Evaluation of 5 Intermediate Structural Variations of Microglia Within an Organotypic Hippocampal Slice Model After Regionalized Toxic Injury.

The dendritic cell of the CNS, the microglia (MG), is an initiation point of the immunological response within the post-blood-brain barrier (BBB) compartment. Microglia drastically changes in response to cell stress to a much different non-dendritic morphologies. This investigation postulates that if the first MG responses to toxic injury are isolated and studied in greater morphological detail, there is much to be learned about microglia's metamorphosis from and M2 to an M1 state. The organotypic hippocampal slice was the experimental setting used to investigate microglial response to toxic injury; this isolates dendritic cell to post-BBB cells dynamics from the impact of nonspecific of in vivo blood-derived signaling.
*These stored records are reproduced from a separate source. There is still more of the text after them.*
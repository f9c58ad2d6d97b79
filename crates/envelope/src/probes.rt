//! The probes among the places of a fold, with the samples that are kept of them.
ghost use Rattle.std.specs.Prelude.{◌≡◌, ◌≢◌, ℕ, ◌+◌, ◌*◌, ◌/◌, ◌<◌, ◌≤◌, [], length, slice_index};
ghost use Rattle.std.specs.Prelude.{slice_index_or, Option, Some, None, IfOk, ◌^◌};
ghost use Rattle.case_model.specs.Runs.{calm_at};
ghost use Rattle.case_model.specs.Samples.{Sample as Taken, point_sample};
ghost use Rattle.envelope.specs.Cells.{IsRising, bases_of, cell_of};
ghost use Rattle.envelope.specs.Extremes.{AgreeAlong, either};
ghost use Rattle.envelope.specs.Lines.{AreBlank, AreSameWidths, AreWithin, HasRoom, HasSamples};
ghost use Rattle.envelope.specs.Lines.{IsMarked, entry_of, told};
ghost use Rattle.envelope.specs.Probes.{lines_of, marks_of, places_of};

use crate::Sample;
use crate::cells::find_cell;
use crate::lines::{blank_lines, join_line, keep_sample, mark, sample_in};
use case_model::{List, Spot};
use std::alloc::{AllocError, Global};

/// The place number of each probe, which line of samples belongs to each cell, and these lines.
#[derive(Drop, Debug)]
pub(crate) struct Probes {
    pub(crate) places: Vec<u64>,
    pub(crate) marks: Vec<Option<u32>>,
    pub(crate) lines: Vec<List<Option<Sample>>>,
}

/// The probes at these places of the spans, with a blank line of `width` samples for each; none
/// where there is no probe.
pub(crate) fn make_probes(
    alloc: Global,
    spans: &[(u64, u64)],
    count: usize,
    places: &[u64],
    steps: u64,
    every: u64,
) -> Result<Option<Box<Probes>>, AllocError>
    requires rising { IsRising spans.now }
    requires count { count ≡ slice_index (bases_of spans.now) (length spans.now) }
    requires within { AreWithin spans.now places.now }
    requires some { 1 ≤ every }
    requires few { length places.now * (steps / every + 1) ≤ 4_000_000 }
    ensures places { IfOk result (λ probes. places_of probes ≡ places.now) }
    ensures own { IfOk result (λ probes. IsMarked spans.now (bases_of spans.now) places.now
        (length places.now) (marks_of probes)) }
    ensures blank { IfOk result (λ probes.
        AreBlank (length places.now) (steps / every + 1) (lines_of probes)) }
{
    if places.is_empty() {
        return Ok(None);
    }
    let probes = Probes {
        places: Vec::from_slice(alloc, places)?,
        marks: mark(alloc, spans, count, places)?,
        lines: blank_lines(alloc, places.len(), steps, every)?,
    };
    Ok(Some(Box::new(alloc, probes)?))
}

impl Probes {
    // The line of samples of a cell, where it has one.
    fn line(&self, cell: usize) -> Option<u32>
        ensures { result ≡ slice_index_or self.now.marks.items cell None }
    {
        match self.marks.get(cell) {
            Some(line) => *line,
            None => None,
        }
    }
}

/// Keeps a sample in the line of a cell, where it has one, if the step is one that is sampled.
pub(crate) fn keep_probed(
    probes: &mut Option<Box<Probes>>,
    cell: usize,
    step: u64,
    every: u64,
    sample: &Sample,
)
    requires some { 1 ≤ every }
    requires room { HasRoom (marks_of probes.old) (lines_of probes.old) cell (step / every) }
    ensures places { places_of probes.new ≡ places_of probes.old }
    ensures marks { marks_of probes.new ≡ marks_of probes.old }
    ensures here { (line last : ℕ) (f g : ℕ → Option Taken) → AgreeAlong f g →
        slice_index_or (marks_of probes.old) cell None ≡ Some line →
        g step ≡ told (Some sample.now) → ((s : ℕ) → s ≢ step → g s ≡ None) →
        HasSamples f last every (slice_index_or (lines_of probes.old) line []) →
        HasSamples (either f g) last every (slice_index_or (lines_of probes.new) line []) }
    ensures others { (l : ℕ) → slice_index_or (marks_of probes.old) cell None ≢ Some l →
        slice_index_or (lines_of probes.new) l [] ≡ slice_index_or (lines_of probes.old) l [] }
    ensures same { AreSameWidths (lines_of probes.old) (lines_of probes.new) }
{
    if let Some(probes) = probes {
        if let Some(line) = probes.line(cell) {
            keep_sample(&mut probes.lines, line, step, every, sample);
        }
    }
}

/// Keeps points without a cavity, taken at one step, in the lines of the cells from `first` on.
#[inline(never)]
pub(crate) fn keep_spots(
    probes: &mut Option<Box<Probes>>,
    first: usize,
    step: u64,
    every: u64,
    spots: &[Spot],
)
    requires some { 1 ≤ every }
    requires own { (c d line : ℕ) → slice_index_or (marks_of probes.old) c None ≡ Some line →
        slice_index_or (marks_of probes.old) d None ≡ Some line → c ≡ d }
    requires room { (cell : ℕ) →
        HasRoom (marks_of probes.old) (lines_of probes.old) cell (step / every) }
    requires fits { first + length spots.now < 2 ^ 64 }
    ensures places { places_of probes.new ≡ places_of probes.old }
    ensures marks { marks_of probes.new ≡ marks_of probes.old }
    ensures here { (i line last : ℕ) (f g : ℕ → Option Taken) → i < length spots.now →
        AgreeAlong f g → slice_index_or (marks_of probes.old) (first + i) None ≡ Some line →
        g step ≡ point_sample (calm_at spots.now i) → ((s : ℕ) → s ≢ step → g s ≡ None) →
        HasSamples f last every (slice_index_or (lines_of probes.old) line []) →
        HasSamples (either f g) last every (slice_index_or (lines_of probes.new) line []) }
    ensures others { (l : ℕ) → ((i : ℕ) → i < length spots.now →
        slice_index_or (marks_of probes.old) (first + i) None ≢ Some l) →
        slice_index_or (lines_of probes.new) l [] ≡ slice_index_or (lines_of probes.old) l [] }
    ensures same { AreSameWidths (lines_of probes.old) (lines_of probes.new) }
{
    for (i, spot) in spots.iter().enumerate() {
        keep_probed(probes, first + i, step, every, &Sample::of_spot(spot));
    }
}

/// Takes over the samples of a cell of other probes that the line of a cell here lacks.
pub(crate) fn join_probed(
    probes: &mut Option<Box<Probes>>,
    cell: usize,
    other: &Option<Box<Probes>>,
    from: usize,
)
    requires there { (line : ℕ) → slice_index_or (marks_of probes.old) cell None ≡ Some line →
        line < length (lines_of probes.old) }
    requires wide { (line more : ℕ) → slice_index_or (marks_of probes.old) cell None ≡ Some line →
        slice_index_or (marks_of other.now) from None ≡ Some more →
        (more < length (lines_of other.now))
        × (length (slice_index_or (lines_of other.now) more [])
        ≡ length (slice_index_or (lines_of probes.old) line [])) }
    ensures places { places_of probes.new ≡ places_of probes.old }
    ensures marks { marks_of probes.new ≡ marks_of probes.old }
    ensures here { (line more last every : ℕ) (f g : ℕ → Option Taken) →
        slice_index_or (marks_of probes.old) cell None ≡ Some line →
        slice_index_or (marks_of other.now) from None ≡ Some more →
        HasSamples f last every (slice_index_or (lines_of probes.old) line []) →
        HasSamples g last every (slice_index_or (lines_of other.now) more []) →
        HasSamples (either f g) last every (slice_index_or (lines_of probes.new) line []) }
    ensures others { (l : ℕ) → slice_index_or (marks_of probes.old) cell None ≢ Some l →
        slice_index_or (lines_of probes.new) l [] ≡ slice_index_or (lines_of probes.old) l [] }
    ensures same { AreSameWidths (lines_of probes.old) (lines_of probes.new) }
{
    if let Some(probes) = probes {
        if let Some(line) = probes.line(cell) {
            if let Some(other) = other {
                if let Some(more) = other.line(from) {
                    join_line(
                        &mut probes.lines,
                        line,
                        other.lines[more as usize].as_slice(),
                    );
                }
            }
        }
    }
}

/// The sample of a probe at one place of its line.
pub(crate) fn probed_sample(
    probes: &Option<Box<Probes>>,
    spans: &[(u64, u64)],
    probe: u32,
    index: usize,
) -> Option<Sample>
    requires rising { IsRising spans.now }
    requires within { AreWithin spans.now (places_of probes.now) }
    requires there { probe < length (places_of probes.now) }
    requires room { (cell : ℕ) → HasRoom (marks_of probes.now) (lines_of probes.now) cell index }
    ensures { result ≡ entry_of (lines_of probes.now) (slice_index_or (marks_of probes.now)
        (cell_of spans.now (bases_of spans.now) (slice_index (places_of probes.now) probe)) None)
        index }
{
    match probes {
        Some(probes) => {
            let cell = find_cell(spans, probes.places[probe as usize]);
            match probes.line(cell) {
                Some(line) => sample_in(probes.lines[line as usize].as_slice(), index),
                None => None,
            }
        }
        None => None,
    }
}
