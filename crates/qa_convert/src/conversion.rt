//! The second reading of a log: the lines of its events.
ghost use Rattle.std.specs.Prelude.{◌≡◌, ◌&&◌, ◌∷◌, [], IfOk, OnOk, false, true};
ghost use Rattle.qa_convert.specs.AckDelays.{Answers, decoding_of, is_by_state};
ghost use Rattle.qa_convert.specs.Losing.{Declares};
ghost use Rattle.qa_convert.specs.KeyLines.{OnlyKeys, TellsKeys, keys_by, keys_in, known_by, no_keys};
ghost use Rattle.qa_convert.specs.Rules.{rules_behind, rules_by, rules_of, rules_stated};
ghost use Rattle.qa_convert.specs.Sources.{exponent_of, sources_in};
ghost use Rattle.qa_convert.specs.Timers.{Expires};
ghost use Rattle.qa_convert.specs.Telling.{Writes, next_marks, says_limited, told_in};

use crate::decoding::Decoding;
use crate::dialects::{Absent, Dialect, Limited};
use crate::event::{LoggedEvent, Said};
use crate::groups::{About, Group};
use crate::guess::Guess;
use crate::handshake::{Keys, Turns};
use crate::omission::Limit;
use crate::place::Place;
use crate::rounding::Delays;
use crate::survey::Survey;
use crate::values::Values;
use crate::writing::{NoLine, Writing};
use qa_base::{PerSpace, Role, Space};
use std::alloc::AllocError;

/// The packets of a probe (RFC 9002, section 6.2.4).
pub(crate) const DATAGRAMS_OF_PROBE: u64 = 2;
/// Losses that are later than this behind a packet are those of a timer, in nanoseconds.
const GAP_OF_LOSSES: u64 = 1_000_000;
/// What a program takes on a busy computer, in nanoseconds.
pub(crate) const LATE_BY_PROGRAM: u64 = 10_000_000;

/// What a log says of its sender beside its events, and what is asked of its trace.
#[derive(Clone, Copy)]
pub(crate) struct Terms {
    pub(crate) dialect: Dialect,
    pub(crate) role: Role,
    /// The size of a full datagram.
    pub(crate) datagram: u64,
    /// Whether packets are judged by the window that was reported last.
    pub(crate) is_window_reported: bool,
}

/// What the second reading needs of the first.
#[derive(Clone, Copy)]
pub(crate) struct Known {
    /// Whether timers that expire are logged.
    pub(crate) logs_timers: bool,
    /// Whether sizes are those by which the bytes in flight grow.
    pub(crate) settles_sizes: bool,
    /// How far behind a packet its losses may be logged, in nanoseconds.
    pub(crate) gap: u64,
    pub(crate) delay_exponent: u64,
    /// In nanoseconds.
    pub(crate) max_ack_delay: Option<u64>,
    pub(crate) has_cut_times: bool,
    pub(crate) counts_at_timers: bool,
    pub(crate) turns: Turns,
}

impl Known {
    /// That of a log.
    pub(crate) fn of(dialect: &Dialect, survey: &Survey) -> Known
        ensures { result.delay_exponent ≡ exponent_of (sources_in survey.now) }
    {
        Known {
            logs_timers: dialect.logs_timers.unwrap_or(survey.has_timers),
            settles_sizes: dialect.sizes_by_growth || survey.has_found_sizes,
            gap: if survey.has_milliseconds {
                0
            } else {
                GAP_OF_LOSSES
            },
            delay_exponent: survey.delay_exponent(),
            max_ack_delay: survey.of_peer.max_ack_delay,
            has_cut_times: survey.has_cut_times(),
            counts_at_timers: survey.counts_at_timers,
            turns: Turns::of(survey),
        }
    }
}

/// What a probe timeout still allows.
#[derive(Clone, Copy)]
pub(crate) struct Probe {
    /// In bytes.
    pub(crate) bytes: u64,
    /// Packets, until an acknowledgment comes.
    pub(crate) packets: u64,
    /// When the last timer fired, in nanoseconds.
    pub(crate) time: u64,
}

/// Writes the lines of a trace, group by group.
#[derive(Drop)]
pub(crate) struct Conversion {
    pub(crate) terms: Terms,
    pub(crate) known: Known,
    pub(crate) writing: Writing,
    pub(crate) keys: Keys,
    pub(crate) delays: Delays,
    pub(crate) values: Values,
    /// Whether a sample of the round-trip time was reported.
    pub(crate) has_sample: bool,
    /// Where the last report is.
    pub(crate) values_at: Place,
    /// Whether the sender is limited by its program, by the last state.
    pub(crate) is_app_limited: bool,
    pub(crate) pto_count: u64,
    pub(crate) probe: Probe,
    /// Whether the window fell, and whether a packet came, since the last packet that was sent.
    pub(crate) has_fallen: bool,
    pub(crate) has_come: bool,
    /// When losses were last declared, in nanoseconds.
    pub(crate) last_loss: Option<u64>,
    /// Whether all loss timers found packets at a later time than that of the RFC.
    pub(crate) are_timers_late: Option<bool>,
    /// The window of the last report.
    told_window: Option<u64>,
    /// The largest number of a space that was acknowledged.
    pub(crate) largest: PerSpace<Option<u64>>,
    /// When the last ack-eliciting packet of a space was sent, in nanoseconds.
    pub(crate) last_eliciting: PerSpace<Option<u64>>,
}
Within the context of biochemically verified precise toxic cell injury/death (induced with mercury or cyanide in combination with 2-deoxy-glucose) to a specific region within the hippocampal slice, MG's morphological response was evaluated. There was up to 35% increase in microglia activation proximally to injury (CA3 region) and no changes distally (DG region) when compared to control slices treated with PBS. Maximum microglia activation consisted of a 3 plus-fold increase in the distance between the nucleus membrane and the cell membrane, which underscores an extensive and quantifiable amount of membrane rearrangement. This quantification can be applied to contemporaneous AI image analysis algorithms to demarcate and quantify relative MG activation in and around a site of injury. In between baseline and activated MG morphologies, 5 intermediate morphologies (or structural variations) are described as it relates to its cell body, nucleus, and dendrites. The result from this study reconciles details of MG's structure to its holistic characteristics in relation to parenchymal cell stress.